_DIRECTIONS FOR THIS TASK_. Set down exactly the lines below, starting at the one that contains "fn put_home(mount: &Mount, block: Block, device: &mut" and ending at the one that contains "(λ b. IsUnchanged", with both of those lines included and nothing else.

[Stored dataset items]
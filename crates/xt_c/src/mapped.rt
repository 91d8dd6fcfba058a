//! Flushes to a home device that lies in memory: what is written of a block is copied straight to its own place, and into no room before.

ghost use Rattle.std.specs.Prelude.{◌≡◌, ◌<◌, ◌*◌, ◌/◌, All, Some, length, true};
ghost use Rattle.xt_base.specs.Maps.{is_in};
ghost use Rattle.xt_c.specs.Holding.{held};
ghost use Rattle.xt_c.specs.Working.{AreMappedHomesOf, IsWorked, flush_into, lie_below, wants_none, with_home, with_homes, worked, written_into};
ghost use Rattle.xt_mount.specs.Accounts.{IsUnchanged};

use crate::flushes::{content_of, home_answers, put_content_at, put_plan};
use crate::handle::Handle;
use crate::jobs::waiting;
use crate::replies::put_reply;
use crate::status::{refusal, status_of};
use crate::words::{PlanWords, ReplyWords};
use std::alloc::Global;
use xt_base::names::{Block, JobKind};
use xt_base::steps::Errno;
use xt_mount::mount::Mount;

/// Whether blocks all have numbers below a count.
fn lie_below(count: usize, blocks: &[Block]) -> bool
    ensures { result ≡ lie_below count blocks.now }
{
    blocks.iter().all(|block| (block.0 as usize) < count)
}

/// Copies the content of a block to its own place in a device.
fn put_home(mount: &Mount, block: Block, device: &mut [u8])
    requires unchanged { IsUnchanged block mount.now.transactions }
    requires committed { is_in block mount.now.frames.committed ≡ true }
    requires within { block < length device.old / mount.now.form.size }
    ensures put { device.new ≡ with_home mount.now device.old block }
    ensures same { length device.new ≡ length device.old }
{
    let first = block.0 as usize * mount.form().block_bytes();
    put_content_at(content_of(mount, block), first, device);
}

/// Copies the contents of blocks, each to its own place in a device.
fn put_homes(mount: &Mount, blocks: &[Block], device: &mut [u8])
    requires unchanged { All (λ b. IsUnchanged b mount.now.transactions) blocks.now }
    requires committed { All (λ b. is_in b mount.now.frames.committed ≡ true) blocks.now }
    requires within { lie_below (length device.old / mount.now.form.size) blocks.now ≡ true }
    ensures { device.new ≡ with_homes mount.now blocks.now device.old }
{
    for k in 0..blocks.len() {
        put_home(mount, blocks[k], device);
    }
}

/// Writes the blocks of a plan, and copies their contents, each to its own place in a device.
fn homes_mapped(mount: &Mount, plan: &mut PlanWords, device: &mut [u8]) -> i32
    ensures { AreMappedHomesOf (Some mount.now) result plan.new plan.old device.new device.old }
{
    let Ok(now) = mount.flush_plan() else {
        unreachable!();
    };
    // counted in blocks, since the end in bytes of a block far behind the device may be too great for a number
    let count = device.len() / mount.form().block_bytes();
    // before anything is written, so that a plan comes home whole or not at all
    if !lie_below(count, now.blocks()) {
        return refusal(Errno::Invalid);
    }
    put_plan(&now, plan);
    put_homes(mount, now.blocks(), device);
    i32::from(now.count())
}

/// The blocks that a flush writes home now, in the order of their writes, and how many, 0 to 8; what is written of each is copied to its own place
/// in the home device, which lies in memory. EINVAL where the device is too short for one of them, and nothing is written.
#[unsafe(no_mangle)]
pub extern "C" fn refskold_abi_homes_mapped(
    alloc: Global,
    handle: &mut Handle,
    plan: &mut PlanWords,
    device: &mut [u8],
) -> i32
    ensures homes { AreMappedHomesOf (held handle.old) result plan.new plan.old device.new device.old }
    ensures same { held handle.new ≡ held handle.old }
{
    let Some(mount) = handle.take(alloc) else {
        return refusal(Errno::NoDevice);
    };
    let status = homes_mapped(&mount, plan, device);
    handle.put(mount);
    status
}

/// Every write of a flush was good: a bit for each.
const ALL_WRITTEN: u32 = 255;

/// Ends a flush that waits: the contents of its blocks are copied each to its own place in a device, and each write was good.
fn flush_into(mount: &mut Mount, serial: u64, device: &mut [u8], reply: &mut ReplyWords) -> i32
    requires { mount.old.slot ≡ 0 }
    ensures flushed { IsWorked wants_none (flush_into serial (length device.old)) (Some mount.old) result (worked reply.new (Some mount.new)) (worked reply.old (Some mount.old)) }
    ensures device { device.new ≡ written_into serial (Some mount.old) device.old }
    ensures slot { mount.new.slot ≡ 0 }
{
    let Some(name) = waiting(mount, JobKind::Flush, serial) else {
        return refusal(Errno::Invalid);
    };
    let Ok(plan) = mount.flush_plan() else {
        unreachable!();
    };
    let count = device.len() / mount.form().block_bytes();
    if !lie_below(count, plan.blocks()) {
        return refusal(Errno::Invalid);
    }
    put_homes(mount, plan.blocks(), device);
    let told = mount.flush_planned(name, &plan, home_answers(plan.count(), ALL_WRITTEN, 1));
    put_reply(reply, &told);
    status_of(&told)
}

/// Ends a flush of a home device that lies in memory and needs no sync: what is written of each block is copied to its own place, and the reply is
/// written. EINVAL where no such flush waits, or the device is too short for one of its blocks, and nothing is changed.
#[unsafe(no_mangle)]
pub extern "C" fn refskold_abi_flush_mapped(
    alloc: Global,
    handle: &mut Handle,
    serial: u64,
    device: &mut [u8],
    reply: &mut ReplyWords,
) -> i32
    ensures flushed { IsWorked wants_none (flush_into serial (length device.old)) (held handle.old) result (worked reply.new (held handle.new)) (worked reply.old (held handle.old)) }
    ensures device { device.new ≡ written_into serial (held handle.old) device.old }
{
    let Some(mut mount) = handle.take(alloc) else {
        return refusal(Errno::NoDevice);
    };
    let status = flush_into(&mut mount, serial, device, reply);
    handle.put(mount);
    status
}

_SOLVED EXERCISE_.
fn put_home(mount: &Mount, block: Block, device: &mut [u8])
    requires unchanged { IsUnchanged block mount.now.transactions }
    requires committed { is_in block mount.now.frames.committed ≡ true }
    requires within { block < length device.old / mount.now.form.size }
    ensures put { device.new ≡ with_home mount.now device.old block }
    ensures same { length device.new ≡ length device.old }
{
    let first = block.0 as usize * mount.form().block_bytes();
    put_content_at(content_of(mount, block), first, device);
}

/// Copies the contents of blocks, each to its own place in a device.
fn put_homes(mount: &Mount, blocks: &[Block], device: &mut [u8])
    requires unchanged { All (λ b. IsUnchanged b mount.now.transactions) blocks.now }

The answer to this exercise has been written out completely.